DIRECTIONS FOR THIS TASK: What is the number of lines in the data that hold the string "AreMoments"? Reply with that number only.

Stored data entries:
****************************************
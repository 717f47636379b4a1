ghost use Rattle.std.specs.Prelude.{◌≡◌, ℕ, IfOk, OnOk};
ghost use Rattle.std.specs.BTreeMap.{get};
ghost use Rattle.std.specs.Ordering.{nat_cmp};
ghost use Rattle.log_reading.specs.Grants.{moment_at};
ghost use Rattle.log_stretches.specs.Stretches.{stretches_of};
ghost use Rattle.log_stretches.specs.Courses.{came_in, later, newer_came, AreMoments};

use crate::stretch::{Stretch, stretches_of};
use due_key::Moment;
use log_entries::{Arrival, Entry};
use std::alloc::{AllocError, Global};
use std::collections::BTreeMap;
use std::marker::Model;

/// An arrival and its moment.
#[derive(Clone, Copy, Debug, PartialEq, Eq)]
pub struct Came {
    pub moment: Moment,
    pub arrival: Arrival,
}

/// A log with its facts in order: the moment of each entry, the arrivals by ticket, and the
/// stretches. Contracts see its entries.
#[derive(Drop)]
pub struct Course<'a> {
    entries: &'a [Entry],
    moments: Vec<Moment>,
    arrivals: BTreeMap<u64, Came>,
    stretches: Vec<Stretch>,
}

impl<'a> Model for Course<'a> {
    ghost use Rattle.std.specs.Prelude.{◌≡◌, List};
    ghost use Rattle.std.specs.BTreeMap.{get};
    ghost use Rattle.std.specs.Ordering.{nat_cmp};
    ghost use Rattle.log_entries.specs.declared.entry.Entry.{Entry};
    ghost use Rattle.log_stretches.specs.Courses.{IsCourse};

    ghost Value = { List Entry };

    ghost view = { λ course. course.entries.now };

    ghost invariant = { λ course. IsCourse course.entries.now course.moments.items (get nat_cmp course.arrivals) course.stretches.items };
}

impl<'a> Course<'a> {
    /// Makes the course of a log. `O(n log n)`.
    pub fn new(alloc: Global, entries: &'a [Entry]) -> Result<Course<'a>, AllocError>
        ensures { IfOk result (λ course. course ≡ entries.now) }
    {
        let moments = moments_of(alloc, entries)?;
        let arrivals = arrivals_of(alloc, entries)?;
        let stretches = stretches_of(alloc, entries)?;
        Ok(Course {
            entries,
            moments,
            arrivals,
            stretches,
        })
    }

    pub fn entries(&self) -> &'a [Entry]
        ensures { result.now ≡ self.now }
    {
        self.entries
    }

    /// Returns the moment of each entry's event.
    pub fn moments(&self) -> &[Moment]
        ensures { AreMoments self.now result.now }
    {
        self.moments.as_slice()
    }

    /// Returns the moment at a position, counted from 1: that of its entry's event. Past the end it
    /// is the last event's, and at 0 the moment 0.
    pub fn moment(&self, position: usize) -> Moment
        ensures { result ≡ moment_at self.now position }
    {
        let within = position.min(self.moments.len());
        if within == 0 {
            return Moment::zero();
        }
        self.moments[within - 1]
    }

    /// Returns the last arrival of a ticket.
    pub fn arrival(&self, ticket: u64) -> Option<Came>
        ensures { result ≡ came_in self.now ticket }
    {
        self.arrivals.get(&ticket).copied()
    }

    /// Returns the stays and services, in the order in which they begin.
    pub fn stretches(&self) -> &[Stretch]
        ensures { result.now ≡ stretches_of self.now }
    {
        self.stretches.as_slice()
    }
}

// Returns the moment of each entry's event.
fn moments_of(alloc: Global, entries: &[Entry]) -> Result<Vec<Moment>, AllocError>
    ensures { IfOk result (λ moments. AreMoments entries.now moments.items) }
{
    let mut moments = Vec::with_capacity(alloc, entries.len())?;
    let mut last = Moment::zero();
    for entry in entries {
        last = later(entry, last);
        moments.push(last)?;
    }
    Ok(moments)
}

fn arrivals_of(alloc: Global, entries: &[Entry]) -> Result<BTreeMap<u64, Came>, AllocError>
    ensures { IfOk result (λ arrivals. (ticket : ℕ) → get nat_cmp arrivals ticket ≡ came_in entries.now ticket) }
{
    let mut arrivals = BTreeMap::new(alloc);
    for entry in entries {
        note_arrival(&mut arrivals, *entry)?;
    }
    Ok(arrivals)
}

fn note_arrival(arrivals: &mut BTreeMap<u64, Came>, entry: Entry) -> Result<(), AllocError>
    ensures { OnOk result ((ticket : ℕ) → get nat_cmp arrivals.new ticket ≡ newer_came ticket (get nat_cmp arrivals.old ticket) entry) }
{
    if let Entry::Arrive(moment, arrival) = entry {
        let ticket = arrival.ticket;
        let came = Came { moment, arrival };
        arrivals.insert(ticket, came)?;
    }
    Ok(())
}

// Returns the moment of an event, and for any other entry that of the event before it.
fn later(entry: &Entry, last: Moment) -> Moment
    ensures { result ≡ later entry.now last }
{
    match entry {
        Entry::Arrive(moment, _)
        | Entry::Done(moment, _)
        | Entry::Fail(moment, _)
        | Entry::Abort(moment, _)
        | Entry::Tick(moment)
        | Entry::Check(moment, _, _)
        | Entry::Limit(moment, _, _) => *moment,
        _ => last,
    }
}
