//! Where each request of a log was, and when: its stays in queues and its services by servers; who
//! waited how long, and whether those that waited together got their slots in the order of their
//! keys.
#![tactic(auto)]

mod course;
mod order;
mod services;
mod stretch;
#[cfg(test)]
mod tests;

pub use course::{Came, Course};
pub use order::{Stayed, are_in_order, stays_in};
pub use services::{Served, services_in};
pub use stretch::{Lane, Stretch, stretches_of};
****************************************
FINAL ANSWER: 3